The optimized protocol started with the HIV viral RNA isolation from patients' plasma specimens using a spin column-based QIAamp Viral RNA extraction kit (Qiagen) as per the manufacturer's instructions [14 ]. The initial input volume of plasma specimen was 400 μL and the RNA extracts were recovered using an elution volume of 60 μL. Viral RNA extraction was followed by one-step RT-PCR using Invitrogen Superscript III One-step PCR kit (Invitrogen, Canada) with Platinum High Fidelity Taq (Invitrogen, Canada). The RT-PCR primers are described in Table 1 and the derived amplicon encompasses nucleotides 2,071~3,370 of HIV-1 pol gene as referring to HIV-1 HXB-2 sequence (GenBank Accession number: K03455) [14 , 15 ]. The 50 μL RT-PCR reaction contains 1x SuperScript III reaction buffer, 1.6 mM MgSO₄, forward and reverse primers at 200 nM each, 1 μL SuperScript III enzyme mix, and 12 μL of RNA extracts.
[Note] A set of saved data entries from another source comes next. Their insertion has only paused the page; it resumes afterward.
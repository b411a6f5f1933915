// Storing a command's words as one change, by where they come from (RULES 2.1). Each answers the stores made, of at most s.
// A place is WORK's first word, the first word to store and their count: apart, as plans hold them, and since a type for them would leave the image's length, the last part of `Holds`, to each contract.
#![tactic(auto)]

ghost use Rattle.std.specs.Prelude.{◌≡◌, [], ◌∷◌, ℕ, ◌+◌, ◌*◌, ◌^◌, ◌≤◌, ◌<◌, length};
ghost use Rattle.std.specs.Int.Bits.{bit_or};
ghost use Rattle.bits.specs.Words.{word_at, store as store_of};
ghost use Rattle.bits.specs.Bits.{field_at};
ghost use Rattle.bits.specs.Below.{below};
ghost use Rattle.stores.specs.Stores.{change_stores};
ghost use Rattle.stores.specs.Steps.{Made, word_from};
ghost use Rattle.changes.specs.Changes.{Holds, or_to};

use stores::Words;

// The n words that stand in `words` from bit `from` on.
pub fn store_bits(
    image: &mut [u8],
    work: usize,
    at: usize,
    n: usize,
    words: &[u8],
    from: usize,
    s: usize,
) -> usize
    requires { Holds work at n (length image.old) × (from < 2 ^ 61) }
    ensures { Made (change_stores work (below (word_from at words.now from) n)) s image.old image.new result }
{
    let none = [0u8; 1];
    let all = Words {
        at,
        n,
        bytes: words,
        from,
        skip: &none,
    };
    stores::change(image, work, all, s)
}

// One word.
pub fn store_one(image: &mut [u8], work: usize, at: usize, v: u16, s: usize) -> usize
    requires { Holds work at 1 (length image.old) }
    ensures { Made (change_stores work (store_of at v ∷ [])) s image.old image.new result }
{
    stores::change_one(image, work, at, v, s)
}

// Zeros.
pub fn store_zeros(image: &mut [u8], work: usize, at: usize, n: usize, s: usize) -> usize
    requires { Holds work at n (length image.old) }
    ensures { Made (change_stores work (below (λ j. store_of (at + j) 0) n)) s image.old image.new result }
{
    let zero = [0u8; 1];
    store_bits(image, work, at, n, &zero, 0, s)
}

// Words of the image with a frame's bits added, into a buffer.
fn or_words(buffer: &mut [u8], image: &[u8], at: usize, n: usize, frame: &[u8], from: usize)
    requires { (2 * n ≤ length buffer.old) × (n ≤ 16) × (at < 65536) × (from < 2 ^ 61) }
    ensures { (j : ℕ) → j < n → word_at buffer.new j ≡ bit_or (word_at image.now (at + j)) (field_at frame.now (from + 16 * j) 16) }
{
    for j in 0..n {
        let old = bits::word(image, at + j);
        let mask = bits::field(frame, from + 16 * j, 16);
        bits::store_word(buffer, j, old | mask);
    }
}

// Words with a frame's bits added. They are read before the first is stored, so they pass through a buffer and not a closure; `lent` says that it consists of bytes.
pub fn store_mask(
    image: &mut [u8],
    work: usize,
    at: usize,
    n: usize,
    frame: &[u8],
    from: usize,
    s: usize,
) -> usize
    requires { Holds work at n (length image.old) × (from < 2 ^ 61) × (n ≤ 16) }
    ensures { Made (change_stores work (below (or_to image.old frame.now at from) n)) s image.old image.new result }
{
    let mut buffer = [0u8; 32];
    or_words(&mut buffer, image, at, n, frame, from);
    bits::lent(&buffer);
    store_bits(image, work, at, n, &buffer, 0, s)
}
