// A rec with the stream to which its log plays.
ghost use Rattle.std.specs.Prelude.{◌≡◌, ◌≤◌, ◌+◌, length, vec_len, vec_capacity};
ghost use Rattle.pcm_stream.specs.Members.{members_of};
ghost use Rattle.live_gather.specs.Gathered.{IsGatheredOf};
ghost use Rattle.live_gather.specs.Pieces.{FitInRoom, HasPlayed, log_of, with_logs};
ghost use Rattle.live_gather.specs.Told.{Agrees, IsTold};

use crate::gathered::{Gathered, Log};
use card_emul::AnyCard;
use floor_rule::{Note, RecSeat, SharedWords};
use pcm_stream::{Member, Members, Substream};
use room_parts::{FloorName, Rec};
use std::marker::Model;

/// A member of a floor at rest: its rec, and the stream to which the log of the rec plays. Contracts see the marked log, with
/// the number of its substream.
#[derive(Drop)]
pub struct Piece<N: FloorName> {
    rec: Rec<N>,
    stream: Substream<AnyCard>,
}

impl<N: FloorName> Model for Piece<N> {
    ghost use Rattle.std.specs.Prelude.{ℕ, List};
    ghost use Rattle.floor_rule.specs.declared.rule.Marked.{Marked};
    ghost use Rattle.live_gather.specs.Pieces.{HasPlayed, log_of};

    ghost Value = { ℕ × List Marked };

    ghost view = { λ p. log_of p.rec.knows };

    ghost invariant = { λ p. HasPlayed N.cards N.long_max (log_of p.rec.knows) p.stream };
}

impl<N: FloorName> Piece<N> {
    /// A rec, and its member of a group.
    pub fn new(rec: Rec<N>, member: Member<AnyCard>) -> Piece<N>
        requires plays { HasPlayed N.cards N.long_max (log_of rec.knows) member.stream }
        ensures { result ≡ log_of rec.knows }
    {
        Piece {
            rec,
            stream: member.stream,
        }
    }

    /// A note of the log, and of what backs each of its entries.
    pub(crate) fn tell(&mut self, words: &SharedWords) -> Note
        requires table { words.now.table ≡ N.table }
        ensures same { self.new ≡ self.old }
        ensures table { result.table ≡ N.table }
        ensures tells { IsTold (length N.cards) self.old result.lists }
    {
        self.rec.tell(words)
    }

    /// The log is held against what the note tells.
    pub(crate) fn check(&mut self, words: &SharedWords, note: Note)
        requires table { words.now.table ≡ N.table }
        requires note { note.table ≡ N.table }
        ensures same { self.new ≡ self.old }
        ensures agrees { Agrees note.lists self.old }
    {
        self.rec.hear(words, note);
        self.rec.confirm(words);
    }

    /// The log without its marks, with the stream; and the seat of the rec.
    pub(crate) fn into_gathered(self) -> (Gathered, RecSeat)
        ensures gathered { IsGatheredOf N.cards N.long_max self.0 self.1 result.0 }
        ensures seat { (result.1.table ≡ N.table) × (result.1.knows.sub ≡ self.0) }
    {
        let Piece { rec, stream } = self;
        let sub = rec.sub();
        let (entries, seat) = rec.into_parts();
        let log = Log { sub, entries };
        (Gathered { log, stream }, seat)
    }
}

/// The recs of a room with its members, behind the pieces that are there. It takes no memory.
pub fn add_pieces<N: FloorName>(
    pieces: &mut Vec<Piece<N>>,
    mut recs: Vec<Rec<N>>,
    mut members: Members<AnyCard>,
)
    requires fit { FitInRoom N.cards N.long_max recs.items (members_of members) }
    requires room { vec_len pieces.old + length recs.items ≤ vec_capacity pieces.old }
    ensures pieces { pieces.new.items ≡ with_logs pieces.old.items recs.items }
    ensures count { vec_len pieces.new ≡ vec_len pieces.old + length recs.items }
    ensures capacity { vec_capacity pieces.new ≡ vec_capacity pieces.old }
{
    while let Some(rec) = recs.pop() {
        let member = members.take(recs.len());
        pieces.push_reserved(Piece::new(rec, member));
    }
}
The RT-PCR was performed on a GeneAmp PCR system 9700 thermocycler (ABI, USA) with cycling conditions as follows: (1) an initial reverse transcription step of 30 min at 50°C; (2) 2 min at 94°C for DNA denaturation and Taq DNA polymerase activation; (3) 40 cycles of 20 s at 94°C for DNA melting, 30 s at 50°C for annealing, and 1.5 min at 68°C for elongation; (4) a final extension step of 5 min at 68°C; and (5) 4°C till the end.